The Asociación de Informadores Cinematográficos de España (AICE) is an association of entertainment journalists and film and television critics of Spain in television, radio, and online and print media. Created in 2013, it annually bestows the Feroz Awards.

== History ==
AICE was created in 2013 intending to bridge the gap between critics and entertainment journalists, between film and series, and between the digital and non-digital media. Initially presided by La Razón journalist David Carrón, the association had 160 voting members for the first edition of the Feroz awards.
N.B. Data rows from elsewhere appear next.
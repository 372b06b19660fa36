//! A shard with its count, and its steps.
ghost use Rattle.std.specs.Prelude.{◌≡◌, ◌+◌, ◌-◌, ◌≤◌, ◌^◌, min, true, false, Some, None, IfOk, IfErr, OnOk, OnErr};
ghost use Rattle.presence_base.specs.Refs.{IsCount};
ghost use Rattle.presence_journal.specs.History.{begun, own, entry_count, is_full, last_number};
ghost use Rattle.presence_journal.specs.KeptBytes.{kept_bytes};
ghost use Rattle.presence_journal.specs.Queue.{CurrentStay, AllAreBehind};
ghost use Rattle.presence_journal.specs.StepLimits.{is_within_limits};
ghost use Rattle.presence_journal.specs.Table.{IsLegal, outcome_of};
ghost use Rattle.tracker_feeds.specs.Quiet.{TellsQuiet};
ghost use Rattle.tracker_shard.specs.Calls.{Looks, is_callers};
ghost use Rattle.tracker_shard.specs.Steps.{Stepped, Answers, IsDue, RefusesForRoom, refusal, checkpoint_refusal};
ghost use Rattle.tracker_index.specs.Starting.{seats, IsBegunAgain};
ghost use Rattle.shard_pool.specs.Lent.{is_step, counted, lacks_room};
ghost use Rattle.shard_pool.specs.Lines.{IsOfLane};

use crate::lack::{Lack, lack_of};
use crate::lane::Lane;
use crate::noting::{count_call, is_made};
use presence_base::Replica;
use presence_journal::{Journal, Outcome, Step};
use std::alloc::{AllocError, Global};
use std::sync::ledger::{Book, Share};
use tracker_shard::{Ask, Call, Found, Shard, ShardFault};

/// Where memory is wanting a checkpoint is tried of a journal with so many entries, which it gives back.
const MIN_ENTRIES: u64 = 64;

/// A shard with the count of its seated calls: what stands behind a lock of the pool.
pub struct Locked<L: Lane> {
    shard: Shard,
    calls: Book<L>,
    // Whether a call found no memory, so that the journal was to give some back, and none has found some since.
    has_lacked: bool,
    ghost counted: { calls.total ≡ seats shard },
    ghost of_node: { (own shard).name ≡ L.node },
    ghost of_lane: { IsOfLane L.begins shard },
}

// Written, as the shard's is.
impl<L: Lane> Drop for Locked<L> {
    fn drop(self) {
        let Locked {
            shard,
            calls,
            has_lacked: _,
        } = self;
        drop(shard);
        drop(calls);
    }
}

impl<L: Lane> Locked<L> {
    /// A new shard of the replica, with the book of a new ledger.
    #[tactic(auto, using(crate::proofs::Counts::counts))]
    pub fn new(alloc: Global, own: Replica, calls: Book<L>) -> Locked<L>
        requires count { IsCount own.incarnation }
        requires book { calls.total ≡ 0 }
        requires node { own.name ≡ L.node }
        requires begins { L.begins (begun own) }
        ensures { (result.shard ≡ begun own) × (result.calls.total ≡ 0) }
    {
        let mut shard = Shard::new(alloc, own);
        // Where memory is refused the journal takes more as it grows.
        let _reserved = shard.reserve();
        Locked {
            shard,
            calls,
            has_lacked: false,
        }
    }

    /// The shard's journal, which is legal, of the ledger's node, and comes of what the shard began with.
    pub fn journal(&self) -> &Journal
        ensures journal { result.now ≡ self.now.shard }
        ensures legal { IsLegal self.now.shard }
        ensures node { (own self.now.shard).name ≡ L.node }
        ensures lane { IsOfLane L.begins self.now.shard }
    {
        self.shard.journal()
    }

    /// How many entries the journal has, its Start counted.
    pub fn entry_count(&self) -> u64
        ensures { result ≡ entry_count self.now.shard }
    {
        self.shard.journal().entries().len() as u64 + 1
    }

    /// The bytes that the journal's entries keep beside themselves, or the most that a count of 64 bits tells.
    pub fn kept_bytes(&self) -> u64
        ensures { result ≡ min (kept_bytes self.now.shard) (2 ^ 64 - 1) }
    {
        self.shard.journal().kept_bytes()
    }

    // The number that the next entry gets.
    pub(crate) fn next_number(&self) -> u64
        ensures { result ≡ last_number self.now.shard + 1 }
    {
        self.shard.journal().last_number() + 1
    }

    // What a call comes to, without making its step.
    pub(crate) fn look<C: Call>(
        &mut self,
        alloc: Global,
        call: &C,
    ) -> Result<Found<C::Answer>, ShardFault>
        ensures same { self.new.shard ≡ self.old.shard }
        ensures calls { self.new.calls ≡ self.old.calls }
        ensures found { Looks (C.gives call.now self.old.shard) (C.there call.now self.old.shard) self.old.shard
            (C.step call.now) result }
    {
        self.shard.look(alloc, call)
    }

    // Makes the step that a call was found to come to, and counts it.
    #[tactic(auto, using(crate::proofs::Counts::counts, crate::proofs::Notes::seated))]
    pub(crate) fn enter(
        &mut self,
        alloc: Global,
        share: &mut Share<L>,
        seat: u32,
        step: Step,
        outcome: Outcome,
    ) -> Result<(), ShardFault>
        requires table { outcome_of self.old.shard step ≡ Some outcome }
        requires room { is_full self.old.shard ≡ false }
        requires limits { is_within_limits step ≡ true }
        requires callers { is_callers step ≡ true }
        requires share { share.old.parts ≡ 1 }
        ensures step { Stepped self.old.shard self.new.shard (Some seat) step result }
        ensures memory { IfErr result (λ e. e ≡ ShardFault.OutOfMemory) }
        ensures total { self.new.calls.total ≡ counted self.old.calls.total (is_step result) }
        ensures amount { share.new.amount ≡ counted share.old.amount (is_step result) }
        ensures parts { share.new.parts ≡ share.old.parts }
    {
        let Locked {
            shard,
            calls,
            has_lacked: _,
        } = self;
        let answer = shard.enter(alloc, Some(seat), step, outcome);
        count_call(calls, share, is_made(&answer));
        answer
    }

    /// Makes a call without a seat, as `Shard::perform` does.
    #[tactic(auto, using(crate::proofs::Counts::counts, crate::proofs::Notes::unseated))]
    pub fn make<C: Call>(&mut self, alloc: Global, call: &C) -> Result<C::Answer, ShardFault>
        ensures step { Stepped self.old.shard self.new.shard None (C.step call.now) result }
        ensures answer { Answers (C.gives call.now self.old.shard) (outcome_of self.old.shard (C.step call.now)) result }
        ensures due { IsDue result (refusal (C.there call.now self.old.shard) self.old.shard (C.step call.now)) }
        ensures total { self.new.calls.total ≡ self.old.calls.total }
    {
        self.shard.perform(alloc, None, call)
    }

    /// Asks the shard. It is no step.
    #[tactic(auto, using(crate::proofs::Counts::counts))]
    pub fn ask<A: Ask>(&mut self, ask: &A) -> A::Answer
        ensures same { self.new.shard ≡ self.old.shard }
        ensures total { self.new.calls.total ≡ self.old.calls.total }
        ensures told { A.tells ask.now self.old.shard result }
    {
        ask.read(&mut self.shard)
    }

    /// Puts a Start that stands for the journal in its place, as `Shard::checkpoint` does. It is no step.
    #[tactic(auto, using(crate::proofs::Counts::counts))]
    pub fn checkpoint(&mut self, alloc: Global) -> Result<(), ShardFault>
        ensures ok { OnOk result (IsBegunAgain self.old.shard self.new.shard) }
        ensures behind { OnOk result (AllAreBehind self.new.shard) }
        ensures err { OnErr result (self.new.shard ≡ self.old.shard) }
        ensures due { IsDue result (checkpoint_refusal self.old.shard) }
        ensures room { RefusesForRoom result }
        ensures total { self.new.calls.total ≡ self.old.calls.total }
    {
        let made = self.shard.checkpoint(alloc);
        // The journal's room went with it. Where memory is refused the new one takes more as it grows.
        let _reserved = self.shard.reserve();
        made
    }

    /// The same, with the subscribers for which nothing waits left as they are, as its namesake does. It
    /// is no step.
    #[tactic(auto, using(crate::proofs::Counts::counts))]
    pub fn checkpoint_keeping_current(&mut self, alloc: Global) -> Result<(), ShardFault>
        ensures ok { OnOk result (IsBegunAgain self.old.shard self.new.shard) }
        ensures current { OnOk result (CurrentStay self.old.shard self.new.shard) }
        ensures err { OnErr result (self.new.shard ≡ self.old.shard) }
        ensures due { IsDue result (checkpoint_refusal self.old.shard) }
        ensures room { RefusesForRoom result }
        ensures total { self.new.calls.total ≡ self.old.calls.total }
    {
        let made = self.shard.checkpoint_keeping_current(alloc);
        let _reserved = self.shard.reserve();
        made
    }

    /// Whether no item waits for a present subscriber, as `Shard::is_quiet` tells it. It is no step.
    #[tactic(auto, using(crate::proofs::Counts::counts))]
    pub fn is_quiet(&mut self, alloc: Global) -> Result<bool, AllocError>
        ensures quiet { IfOk result (TellsQuiet self.old.shard) }
        ensures same { self.new.shard ≡ self.old.shard }
        ensures total { self.new.calls.total ≡ self.old.calls.total }
    {
        self.shard.is_quiet(alloc)
    }

    /// Begins the journal again where the answer says that it lacks room, or memory that the journal may give back. Of
    /// memory that is asked once until a call finds some: it costs a copy of all that the shard keeps.
    #[tactic(auto, using(crate::proofs::Counts::counts))]
    pub fn makes_room<A: Drop>(&mut self, alloc: Global, answer: &Result<A, ShardFault>) -> bool
        ensures lack { result ≡ true → lacks_room answer.now ≡ true }
        ensures begun { result ≡ true → IsBegunAgain self.old.shard self.new.shard }
        ensures behind { result ≡ true → AllAreBehind self.new.shard }
        ensures same { result ≡ false → self.new.shard ≡ self.old.shard }
        ensures total { self.new.calls.total ≡ self.old.calls.total }
    {
        match lack_of(answer) {
            Lack::Nothing => {
                self.has_lacked = false;
                false
            }
            Lack::Room => self.checkpoint(alloc).is_ok(),
            Lack::Memory => self.gives_memory(alloc),
        }
    }

    // Begins a journal of some length again, if none was that gave no memory since a call found some.
    fn gives_memory(&mut self, alloc: Global) -> bool
        ensures begun { result ≡ true → IsBegunAgain self.old.shard self.new.shard }
        ensures behind { result ≡ true → AllAreBehind self.new.shard }
        ensures same { result ≡ false → self.new.shard ≡ self.old.shard }
        ensures total { self.new.calls.total ≡ self.old.calls.total }
    {
        if self.has_lacked || self.entry_count() < MIN_ENTRIES {
            return false;
        }
        self.has_lacked = true;
        self.checkpoint(alloc).is_ok()
    }

    /// The journal, where the shard is done with.
    pub fn into_journal(self) -> Journal
        ensures { result ≡ self.shard }
    {
        let Locked {
            shard,
            calls: _,
            has_lacked: _,
        } = self;
        shard.into_journal()
    }
}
After holding internal elections, Pedro Vallín replaced Carrón at the helm of the association, then with 180 voting members. María Guerra has since been elected to two mandates. In 2018, AICE began to hold the Lo Que Viene ('What Is Coming') festival in Navarre to showcase upcoming releases in the entertainment season. In addition to the Feroz Awards, the AICE also recognises the best film in the official selection of the San Sebastián International Film Festival in the Feroz Zinemaldia Award and (since 2017) the best film in the official selection of the Málaga Film Festival in the Feroz Puerta Oscura Award. For the 10th edition of the Feroz Awards, AICE accounted for 250 members.